• _Problem requirements_: Please work out how many lines in the data below contain "RIEc", and reply with that number alone.

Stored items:
+ + +
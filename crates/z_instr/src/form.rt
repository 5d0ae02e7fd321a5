//! The forms of instructions: the manual's formats with their letters, and what the operands of each stand for.
ghost use Rattle.std.specs.Prelude.{◌≡◌};
ghost use Rattle.std.specs.List.{list_any};
ghost use Rattle.z_instr.specs.Forms.{slots, is_target, has_target};

/// A format by the manual's own name: which fields stand in an instruction, and whether its immediate has a sign
/// (`Signed`). Where the last register, or the only address, is left out, its bits are zero (`Single`, `Alone`).
#[derive(Clone, Copy, PartialEq, Eq)]
pub enum Form {
    /// RR with two registers.
    RR,
    /// RR with a mask in the place of the first register.
    RRMask,
    /// RR with the first register alone.
    RRSingle,
    I,
    RXa,
    /// RX with a mask in the place of the register.
    RXb,
    /// RRE with two registers.
    RRE,
    /// RRE with the first register alone.
    RRESingle,
    RRFa,
    RRFc,
    RXYa,
    /// RI with a register and an immediate.
    RIa,
    RIaSigned,
    /// RI with a register and a target.
    RIb,
    /// RI with a mask and a target.
    RIc,
    /// RIL with a register and an immediate.
    RILa,
    RILaSigned,
    /// RIL with a register and a target.
    RILb,
    /// RIL with a mask and a target.
    RILc,
    /// RS with two registers.
    RSa,
    /// RS with the first register alone.
    RSaSingle,
    /// RSY with two registers.
    RSYa,
    /// RSY with a register and a mask.
    RSYb,
    SI,
    /// SI with a long displacement; the immediate has a sign.
    SIY,
    SIL,
    SILSigned,
    /// S with an address.
    S,
    /// S without one.
    SAlone,
    SSa,
    RIEb,
    RIEc,
}

/// What an operand of an instruction stands for.
#[derive(Clone, Copy, PartialEq, Eq)]
pub enum Slot {
    /// The first register.
    First,
    /// The second register.
    Second,
    /// The third register.
    Third,
    /// The mask.
    Mask,
    /// The immediate.
    Immediate,
    /// The immediate of a compare, which stands in the second displacement's place.
    Compared,
    /// The target, from which the instruction has the distance.
    Target,
    /// A displacement, an index and a base.
    Indexed,
    /// A displacement and a base.
    Based,
    /// A displacement, a length and a base.
    Counted,
    /// The second displacement and its base.
    SecondBased,
}

/// What the operands of a form's instructions stand for, in their order.
pub fn slots_of(form: Form) -> &'static [Slot]
    ensures { result.now ≡ slots form }
{
    match form {
        Form::SAlone => &[],
        Form::RRSingle | Form::RRESingle => &[Slot::First],
        Form::I => &[Slot::Immediate],
        Form::S => &[Slot::Based],
        Form::RR | Form::RRE => &[Slot::First, Slot::Second],
        Form::RRMask => &[Slot::Mask, Slot::Second],
        Form::RXa | Form::RXYa => &[Slot::First, Slot::Indexed],
        Form::RXb => &[Slot::Mask, Slot::Indexed],
        Form::RIa | Form::RIaSigned | Form::RILa | Form::RILaSigned => {
            &[Slot::First, Slot::Immediate]
        }
        Form::RIb | Form::RILb => &[Slot::First, Slot::Target],
        Form::RIc | Form::RILc => &[Slot::Mask, Slot::Target],
        Form::RSaSingle => &[Slot::First, Slot::Based],
        Form::SI | Form::SIY | Form::SIL | Form::SILSigned => &[Slot::Based, Slot::Immediate],
        Form::SSa => &[Slot::Counted, Slot::SecondBased],
        Form::RRFa => &[Slot::First, Slot::Second, Slot::Third],
        Form::RRFc => &[Slot::First, Slot::Second, Slot::Mask],
        Form::RSa | Form::RSYa => &[Slot::First, Slot::Third, Slot::Based],
        Form::RSYb => &[Slot::First, Slot::Based, Slot::Mask],
        Form::RIEb => &[Slot::First, Slot::Second, Slot::Mask, Slot::Target],
        Form::RIEc => &[Slot::First, Slot::Compared, Slot::Mask, Slot::Target],
    }
}

/// Whether the instructions of a form have a target. Asked at each turn of a constrained attempt, so by the forms that
/// have one, and not by a search through their slots.
#[inline(always)]
pub fn has_target(form: Form) -> bool
    ensures { result ≡ has_target form }
{
    matches!(
        form,
        Form::RIb | Form::RIc | Form::RILb | Form::RILc | Form::RIEb | Form::RIEc
    )
}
+ + +
• _Solution for this exercise_: 3